I asked Bob how he would prepare crew members for such a trip. He suggested that any crew without ocean experience take one of the offshore sailing courses where people learn by performing all aspects of ocean sailing, from anchoring to sail handling to navigation. These courses, while expensive, are an invaluable way to get up to speed to become a contributing member of a crew.

It always helps to get a storm at sea under one’s belt. The father and son encountered back-to-back storms early in the trip, on their way south towards the Panama Canal. But the storms gave them a much-needed boost in confidence in the boat and themselves and relieved the anxiety that Eric had about getting seasick offshore. In fact, his anxiety was replaced by an attitude that would be his reply the rest of the trip, “We’ll be all right.”

Ideally, Bob thinks three crew is better than two, or perhaps two couples. But the dynamics of mixed crew can lead to issues from varying personalities. It is important to see how everyone gets along.

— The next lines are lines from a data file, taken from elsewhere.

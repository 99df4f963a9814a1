//! Two publishers in threads of their own, and a third thread that takes what they post.
ghost use Rattle.std.specs.Thread.{IsSync};
ghost use Rattle.std.specs.Prelude.{◌≡◌};

use crate::samples::post;
use event_admin::{Delivery, EventHub, Left, Post, Publisher};
use std::alloc::Global;
use std::sync::Wait;
use std::sync::atomic::{AtomicBool, Ordering};
use std::thread;
use std::thread::{Threads, join};

// How many posts each publisher has.
const POSTS: u64 = 1000;

// A publisher, and how many posts the hub took from it.
#[derive(Drop)]
struct Sent {
    publisher: Publisher,
    count: u64,
}

// How many posts of each of two publishers came, and whether one came out of its order.
#[derive(Clone, Copy, Drop)]
struct Tally {
    first: u64,
    second: u64,
    amiss: bool,
}

// The delivery, and what it took.
#[derive(Drop)]
struct Received {
    delivery: Delivery,
    tally: Tally,
}

impl Tally {
    fn new() -> Tally {
        Tally {
            first: 0,
            second: 0,
            amiss: false,
        }
    }

    fn count(&self) -> u64 {
        self.first.saturating_add(self.second)
    }

    fn note(&mut self, post: &Post) {
        if post.publisher == 1 && post.number == self.first {
            self.first = self.first.saturating_add(1);
        } else if post.publisher == 2 && post.number == self.second {
            self.second = self.second.saturating_add(1);
        } else {
            self.amiss = true;
        }
    }
}

// Posts again while the hub is full, until it takes the post or nobody takes posts any more. It tells whether it was
// taken.
fn post_until<R: Wait>(
    rt: &R,
    hub: &EventHub,
    publisher: &mut Publisher,
    post: Post,
    ended: &AtomicBool,
) -> bool
    requires { publisher.old.hub ≡ hub.now.hub }
    ensures { (publisher.new.hub ≡ publisher.old.hub) × (publisher.new.spare ≡ publisher.old.spare) }
{
    let mut post = post;
    for _ in rt.forever() {
        match hub.post(rt, publisher, post) {
            Ok(()) => return true,
            Err((back, _)) => post = back,
        }
        if ended.load(Ordering::SeqCst) {
            return false;
        }
        thread::yield_now();
    }
    unreachable!()
}

// Posts its numbers one after the other.
fn send<R: Wait>(
    rt: &R,
    alloc: Global,
    hub: &EventHub,
    publisher: Publisher,
    name: u64,
    ended: &AtomicBool,
) -> Sent
    requires { publisher.hub ≡ hub.now.hub }
    ensures { (result.publisher.hub ≡ publisher.hub) × (result.publisher.spare ≡ publisher.spare) }
{
    let mut publisher = publisher;
    let mut count = 0;
    for number in 0..POSTS {
        match post(alloc, name, number) {
            Some(post) => {
                if !post_until(rt, hub, &mut publisher, post, ended) {
                    break;
                }
            }
            None => break,
        }
        count = number + 1;
    }
    Sent { publisher, count }
}

// Takes so many posts, and tells that it has ended.
fn receive<R: Wait>(
    rt: &R,
    hub: &EventHub,
    delivery: Delivery,
    count: u64,
    ended: &AtomicBool,
) -> Received
    requires { delivery.hub ≡ hub.now.hub }
    ensures { result.delivery.hub ≡ delivery.hub }
{
    let mut delivery = delivery;
    let mut tally = Tally::new();
    for _ in rt.forever() {
        if tally.amiss || tally.count() >= count {
            break;
        }
        match hub.next(rt, &mut delivery) {
            Some(post) => tally.note(&post),
            None => thread::yield_now(),
        }
    }
    ended.store(true, Ordering::SeqCst);
    Received { delivery, tally }
}

// What two publishers and the delivery of a hub did, each in a thread of its own: it takes so many posts.
fn run_all<R: Threads + Wait + Sync>(
    rt: &R,
    alloc: Global,
    hub: &EventHub,
    publishers: (Publisher, Publisher),
    delivery: Delivery,
    count: u64,
) -> (Sent, Sent, Received)
    requires { (publishers.0.hub ≡ hub.now.hub) × (publishers.1.hub ≡ hub.now.hub) × (delivery.hub ≡ hub.now.hub) }
    ensures first { (result.0.publisher.hub ≡ publishers.0.hub) × (result.0.publisher.spare ≡ publishers.0.spare) }
    ensures second { (result.1.publisher.hub ≡ publishers.1.hub) × (result.1.publisher.spare ≡ publishers.1.spare) }
    ensures received { result.2.delivery.hub ≡ delivery.hub }
{
    let (first, second) = publishers;
    let ended = AtomicBool::new(false);
    let ended = &ended;
    let (first, (second, received)) = join(
        rt,
        move || -> Sent
            requires { first.hub ≡ hub.now.hub }
            ensures { (result.publisher.hub ≡ first.hub) × (result.publisher.spare ≡ first.spare) }
        { send(rt, alloc, hub, first, 1, ended) },
        move || -> (Sent, Received)
            requires { IsSync R.row × (second.hub ≡ hub.now.hub) × (delivery.hub ≡ hub.now.hub) }
            ensures { (result.0.publisher.hub ≡ second.hub)
                × (result.0.publisher.spare ≡ second.spare)
                × (result.1.delivery.hub ≡ delivery.hub) }
        { send_and_receive(rt, alloc, hub, second, delivery, count, ended) },
    );
    (first, second, received)
}

// What the second publisher and the delivery did.
fn send_and_receive<R: Threads + Wait + Sync>(
    rt: &R,
    alloc: Global,
    hub: &EventHub,
    second: Publisher,
    delivery: Delivery,
    count: u64,
    ended: &AtomicBool,
) -> (Sent, Received)
    requires { (second.hub ≡ hub.now.hub) × (delivery.hub ≡ hub.now.hub) }
    ensures { (result.0.publisher.hub ≡ second.hub)
        × (result.0.publisher.spare ≡ second.spare)
        × (result.1.delivery.hub ≡ delivery.hub) }
{
    join(
        rt,
        move || -> Sent
            requires { second.hub ≡ hub.now.hub }
            ensures { (result.publisher.hub ≡ second.hub) × (result.publisher.spare ≡ second.spare) }
        { send(rt, alloc, hub, second, 2, ended) },
        move || -> Received
            requires { delivery.hub ≡ hub.now.hub }
            ensures { result.delivery.hub ≡ delivery.hub }
        { receive(rt, hub, delivery, count, ended) },
    )
}

// What each publisher posted, what the delivery took, and what was left then.
#[derive(Drop)]
struct Ended {
    first: u64,
    second: u64,
    tally: Tally,
    left: Left,
}

impl Ended {
    fn is_all(&self) -> bool {
        self.tally.first == 1000
            && self.tally.second == 1000
            && !self.tally.amiss
            && self.left.taken == 2000
            && self.left.left.len() == 0
    }

    // Whether a thousand were taken, and with what is left they are all that was posted.
    fn is_whole(&self) -> bool {
        let mut tally = self.tally;
        let is_half = self.left.taken == 1000 && tally.count() == 1000;
        for post in self.left.left.as_slice() {
            tally.note(post);
        }
        is_half && tally.first == self.first && tally.second == self.second && !tally.amiss
    }
}

// What a hub comes to whose delivery takes so many posts.
fn outcome<R: Threads + Wait + Sync>(
    rt: &R,
    alloc: Global,
    hub: EventHub,
    publisher: Publisher,
    delivery: Delivery,
    count: u64,
) -> Ended
    requires { (publisher.hub ≡ hub.hub) × (delivery.hub ≡ hub.hub) × (publisher.spare ≡ 63) }
{
    let publishers = hub.split(publisher);
    let (first, second, received) = run_all(rt, alloc, &hub, publishers, delivery, count);
    let publisher = hub.join(first.publisher, second.publisher);
    let left = hub.close(rt, publisher, received.delivery);
    Ended {
        first: first.count,
        second: second.count,
        tally: received.tally,
        left,
    }
}

// The same in a new hub, nothing where there is no memory.
fn run<R: Threads + Wait + Sync>(rt: &R, alloc: Global, count: u64) -> Option<Ended> {
    match EventHub::new(alloc, 4) {
        Ok((hub, publisher, delivery)) => Some(outcome(rt, alloc, hub, publisher, delivery, count)),
        Err(_) => None,
    }
}

fn takes_all<R: Threads + Wait + Sync>(rt: &R, alloc: Global) -> bool {
    match run(rt, alloc, 2000) {
        Some(ended) => ended.is_all(),
        None => false,
    }
}

#[test]
fn a_third_thread_takes_all(rt: HostRuntime) {
    assert!(rt; takes_all(&rt, rt.alloc()));
}

fn are_whole<R: Threads + Wait + Sync>(rt: &R, alloc: Global) -> bool {
    match run(rt, alloc, 1000) {
        Some(ended) => ended.is_whole(),
        None => false,
    }
}

#[test]
fn what_was_taken_and_what_is_left_are_the_whole(rt: HostRuntime) {
    assert!(rt; are_whole(&rt, rt.alloc()));
}
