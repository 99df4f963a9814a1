//! What is due in a world: the first due callback, the turn that begins next, the work of a turn under way, the next drain, and
//! room in the journal (OSGi Compendium 8, chapter 112, "Component Life Cycle"; turns, drains and room are our own). Beside these
//! the state of a component configuration.
#![tactic(auto)]

mod beginnings;
mod begins;
mod changes;
mod component_states;
mod components;
mod desires;
mod desiring;
mod due_in_making;
mod dues;
mod following;
mod known_needs;
mod lean_views;
mod making;
mod own_names;
mod own_rows;
mod readiness;
mod room;
mod services;
mod turns;
mod views;
mod wanted;

pub use begins::{choices, instance_of, next_begin, next_begin_from};
pub use changes::{awaits_modified, is_changed};
pub use component_states::state_of;
pub use components::{component_in, references_in};
pub use desires::{desired_for, targets};
pub use dues::{due_in, due_of_instance, due_of_whiteboard, is_idle};
pub use making::Making;
pub use own_rows::OwnRows;
pub use readiness::{bundle_of_instance, has_holder, holds, is_ready, serves};
pub use room::{has_room, needed_by, reserved};
pub use services::{is_registered, ranking_of, revision_of, row_known, sorted};
pub use turns::{awaits_drain, class_in, is_under_way, next_drain, work_under_way};
pub use views::view_of;
pub use wanted::missing;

(Seen below: Eric and Bob compare their profiles with the Moai.)

Moai statue

Bob’s wife, Janellen, stayed home and was the ground support for the trip. Having someone responsible on shore proved invaluable, as she got well versed in the world of international carriers, such as DHL and FedEx, and how to manage sending packages around the world. Bob used a satellite phone to stay in touch and to request parts and other items to be shipped to their next destination. When they lost their autopilot in the Indian Ocean, they were forced to hand steer until they reached South Africa, as Janellen was unable to get replacement parts to them in this remote area of the world.

There were occasions where they needed to get dressed up, so it turned out to be a good thing to have a blazer on board.

The one question I really wanted to know was, “How did you know you could do this, sail around the world?”

Bob thought about it. It really is the most important question of any sailor thinking of sailing offshore. The captain of a boat has the full responsibility on his or her shoulders to complete a passage safely.

He said that being a lawyer helped to gave him confidence. In many of his cases, he would have to become an expert on some subject he knew nothing about. After a while his success in these cases built his confidence that he could do it. Getting out of his comfort zone became normal, which led to his belief that he could rise to the challenge.

Despite even close friends questioning such a risky endeavor, a dinghy sailor leaving to sail around the world, he reasoned it would be okay.

“I know enough. I’ve done enough.”

The rest he’ll figure out as he needed to. It was time to go.

So, Bob and Eric sailed around the world. Mission accomplished.

(Seen below: Bob and Eric visit Lizard Island near the  Great Barrier Reef.)